I've updated the C program with his suggested interval.
// Primality Test
// Every n is prime if all lattice points on x+y=n are visible from the origin.
#include <stdio.h>
#include <stdint.h>
#include <math.h>
uint64_t gcd(uint64_t a, uint64_t b)
{
return (b != 0) ? gcd(b, a % b) : a;
}
int isPrimeNumber(uint64_t n)
{
if (n == 1) return 0;
if (n == 2 || n == 3) return 1;
if (n % 2 == 0) return 0;
// Start near line x=y.
uint64_t x = (n / 2) + 2;
uint64_t y = n - x;
uint64_t count = sqrt(n) / 2;
for (uint64_t i = 0; i < count; ++i) {
// Check lattice point visibility...
if (gcd(x, y) != 1) return 0;
x++; y--;
}
return 1;
}
int main(int argc, char* argv)
{
uint64_t n = 1000000007;
if (isPrimeNumber(n) == 1)
{
printf("%llu prime.", n);
}
else
{
printf("%llu not prime.", n);
}
return 0;
}
Best Answer
Claim: if $n$ is composite, it shares a common factor with some $x$ in the interval $[n/2, n/2 + \sqrt{n}/2]$.

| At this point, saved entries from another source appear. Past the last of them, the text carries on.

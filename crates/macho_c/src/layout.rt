//! The layout of a file as text.

ghost use Rattle.std.specs.Prelude.{◌≡◌, Some, MatchResult};
ghost use Rattle.macho_fields.specs.First.{IsUnbroken};
ghost use Rattle.macho_lines.specs.Layout.{layout_text};
ghost use Rattle.macho_c.specs.Layout.{IsLayout, IsLayoutRefusal, begun_with};

use crate::status::{NO_MEMORY, OK, REFUSED};
use macho_report::write_layout;
use macho_rules::{Refusal, verify};
use macho_text::{Failed, Output};
use std::alloc::Global;

/// Decides the rules of a file, and writes the layout of an accepted one to the buffer as text: its first
/// bytes, as many as there is room for, with no zero byte after them. `needed` is how many bytes the
/// whole text has. The status is as of `kesvuot_verify`. If it is not `OK`, `needed` is 0 and the
/// buffer is unchanged.
#[unsafe(no_mangle)]
pub extern "C" fn kesvuot_layout(
    alloc: Global,
    file: &[u8],
    text: &mut [u8],
    needed: &mut usize,
) -> u32
    ensures { IsLayout file.now result needed.new text.old text.new }
{
    *needed = 0;
    match layout_of(alloc, file) {
        Ok(layout) => {
            *needed = layout.len();
            write_front(&layout, text);
            OK
        }
        Err(Refusal::Broken(_)) => REFUSED,
        Err(Refusal::Memory) => NO_MEMORY,
    }
}

// The layout of the file.
fn layout_of(alloc: Global, file: &[u8]) -> Result<Vec<u8>, Refusal>
    ensures { MatchResult result (λ layout. IsUnbroken file.now × (layout.items ≡ layout_text file.now))
        (IsLayoutRefusal file.now) }
{
    let verified = verify(alloc, file)?;
    let mut layout = Text {
        bytes: Vec::new(alloc),
        has_failed: false,
    };
    match write_layout(&verified, &mut layout) {
        Ok(()) => Ok(layout.bytes),
        Err(_) => Err(Refusal::Memory),
    }
}

// Writes the first bytes to the buffer, as many as there is room for.
pub(crate) fn write_front(bytes: &[u8], buffer: &mut [u8])
    ensures { buffer.new ≡ begun_with bytes.now buffer.old }
{
    let count = bytes.len().min(buffer.len());
    buffer[..count].copy_from_slice(&bytes[..count]);
}

// A text in memory as an output. A write fails where memory runs out.
#[derive(Drop)]
struct Text {
    bytes: Vec<u8>,
    has_failed: bool,
}

impl Output for Text {
    ghost has_failed = { λ text. text.has_failed };

    ghost contents = { λ text. Some text.bytes.items };

    fn write(&mut self, piece: &[u8]) -> Result<usize, Failed> {
        if self.has_failed || self.bytes.extend_from_slice(piece).is_err() {
            self.has_failed = true;
            return Err(Failed);
        }
        Ok(piece.len())
    }

    fn failed(&self) -> bool {
        self.has_failed
    }
}
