#![tactic(auto)]
//! `libkesvuot`: the verdict on a file and the views of its images, for C and all languages that
//! can call C.
//!
//! No export has a `requires`: each is safe and returns on any bytes and on any numbers in the
//! structures that it is passed. Structures hold plain numbers: bytes are named by their place in the file.

mod address;
mod blobs;
mod cdhash;
mod code_directory;
mod data_in_code;
mod explain;
mod export_nodes;
mod export_trie;
mod exports;
mod fixups;
mod function_starts;
mod image;
mod layout;
mod linkedit;
mod names;
mod relocations;
mod rule;
mod source_version;
mod status;
mod symbol_index;
mod symbol_names;
mod symbols;
mod tables;
mod thread;
mod verdict;
mod version;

Proof: Let $p$ be the smallest prime divisor of $n$. Then $p \leq \sqrt{n}$, since otherwise $n$ would be prime. Any multiple of $p$ shares a common factor (namely $p$) with $n$. The closest multiple of $p$ to $n/2$ is either $n/2$ itself (if $n$ is even) or $\frac{n \pm p}{2}$ (if $n$ is odd). Since $0 < p \leq \sqrt{n}$, both cases produce an integer in $[n/2, n/2 + \sqrt{n}/2]$ that shares the factor $p$ with $n$.
So it's enough to go from $x = n/2$ up to $n/2 + \sqrt{n}/2$. With this improvement, your algorithm will still be somewhat slower than your isPrimeNumber routine--just because calculating a gcd is slower than calculating divisibility. This will be feasible for testing numbers with maybe 15-20 digits, but you would need completely different methods to test something much larger, like the 183-digit number you mention.